I can't compete with that. AWS was much easier to justify, since they're more
expensive so the payoff is shorter. I was waiting on Google cloud's pricing to
make any decision there:

[https://cloud.google.com/gpu/](https://cloud.google.com/gpu/)

The only thing that concerns me is that your GPU+ instances only have a single
P100, while someone like Google promises to let you attach up to 8 to a single
machine. So if I wanted a single powerful machine for experimental work, the
cloud providers are more expensive. But I'd have the same problem with buying
my own hardware, because those cards are expensive.

If you have only a single GPU, have you done any performance testing comparing
consumer GPUs like the GTX 1080 with the commercial GPUs? I believe two
advantages of the commercial ones are 1. Better interlinks between multiple
GPUs and 2. Better floating point performance at the precision used in deep
learning. Advantage #1 seems like it wouldn't matter with only a single GPU. I
think AWS only has K80s, so that's in your favor.

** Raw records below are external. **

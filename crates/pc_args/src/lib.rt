//! The words of the command line, read by clap, and the numbers that they spell.
//!
//! Proved: `read_words` returns the command that the words ask for, by clap's matches of one command line, or refuses
//! the words if it does not take them, or memory ran out. Words ask for nothing iff they are refused
//! (`only_refused_words_ask_for_nothing`), and each form with names that are neither empty nor begin with `-` asks for
//! its command (`written_forms_are_taken`). `seed_of`, `size_of` and `number_of` read numbers from words, or report
//! that they are not numbers.
//!
//! How the code is to be read is in `CONTRIBUTING.md` (How to read the code).
#![tactic(auto)]

mod laws;
mod numbers;
mod words;

pub use laws::{only_refused_words_ask_for_nothing, written_forms_are_taken};
pub use numbers::{number_of, seed_of, size_of};
pub use words::{Command, WordsFault, read_words};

What motherboards/RAM/CPU/etc. are you using? If my estimate is right and you
are pricing for a 4-year payoff just for capex, listing all of the hardware
would make it an easy sell.

------
evervevdww221
This looks great. great execution! What gpu do I have? how much video memory?

I knew about paperspace the day it came out of yc.

at the time, we were working on a competing product.

but we eventually gave up on the idea. because business wise, amazon is too
expensive for this kind of service, making the price not economical for end
users.

I don't know too much about the technical details of paperspace, but I believe
we did better at resource sharing and cost management. but it was still a
tough sell, even for enterprise users.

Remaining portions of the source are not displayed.